Noted Ives: If this is your first step into Roth within the plan, then your clock starts on January 1 of the year of the conversion. “However, it is important to note that the five-year clock on the in-plan conversion is separate from any clock on a Roth IRA.

The pro-rata rule. O’Connell also said the so-called pro-rata rule could affect any conversions you do if you have other qualified accounts. “If your plan includes after-tax contributions, can those be targeted for conversion while the pre-tax dollars remain unconverted?” asked Ives. “If the plan separately accounts for after-tax dollars and their earnings, this ‘tax-free’ conversion could be a possibility.”

RMDS could start at 72. JoAnn May, a principal with Forest Asset Management, said it’s important to remember that if your assets remain in your employer-sponsored plan, at age 72 you will be required to take a distribution from the plan, no matter if it is a designated Roth account or a pretax 401(k) account. “To avoid this, it would be best to rollover at least the Roth portion of the plan assets prior to turning 72 as Roth IRAs do not have a distribution requirement,” she said.

If you're over 59½, you might consider rolling your 401(k) to a Roth IRA, said LaBrecque. “Roth 401(k)s have RMD requirements, Roth IRAs do not.”

Inherited Roth 401(k)s.

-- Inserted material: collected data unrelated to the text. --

//! Laws of loops and their orders.

ghost use Rattle.pts_passes.specs.Laws as laws;

/// Index order is allowed under every policy.
pub fn index_order_is_allowed()
    ensures { laws.IndexOrderIsAllowed }
{}

/// Where no two evaluations of a loop conflict, all orders that its policy allows write the same, give the same to each view at each
/// position, and throw alike; and so the loop ends alike along them.
pub fn orders_agree()
    ensures outcomes { laws.OrdersAgree }
    ensures ends { laws.EndsAgree }
{}

/// A loop that runs in order has no conflict.
pub fn loops_in_order_are_free()
    ensures { laws.InOrderIsFree }
{}

/// What stands between two points of one `vec_off` block has it too ([parallel.alg.vecoff]).
pub fn offs_stand_together()
    ensures { laws.OffsStandTogether }
{}

/// The names of the arrays and functions of a loop, as the rules see them.
pub fn names_are_known()
    ensures { laws.NamesAreKnown }
{}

If you inherit a Roth IRA or Roth 401(k) and you are the spouse you can rollover to your own name, said Patricia Hausknost, a certified financial planner and instructor in UC Berkeley Extension's certificate program in personal financial planning. “If not, you’ll need to take the distributions within five years if a Roth IRA or 10 years if you inherit a Roth 401(k), assuming contributions began at least 5 years before the date of death,” she said.

Bottom line. “Don’t,” said Ives, “haphazardly dive into an in-plan Roth conversion without knowing the depth of the water.”

Others share that point of view. There is a lot to consider before executing an in-plan Roth conversion, said O’Connell. “Some of those considerations are just plain old objective math calculations, others are very emotional,” he said. “This is a big decision. Doing it correctly could mean literally thousands and thousands of dollars saved from taxes. Done wrong it can be an economic catastrophe for someone and their family.”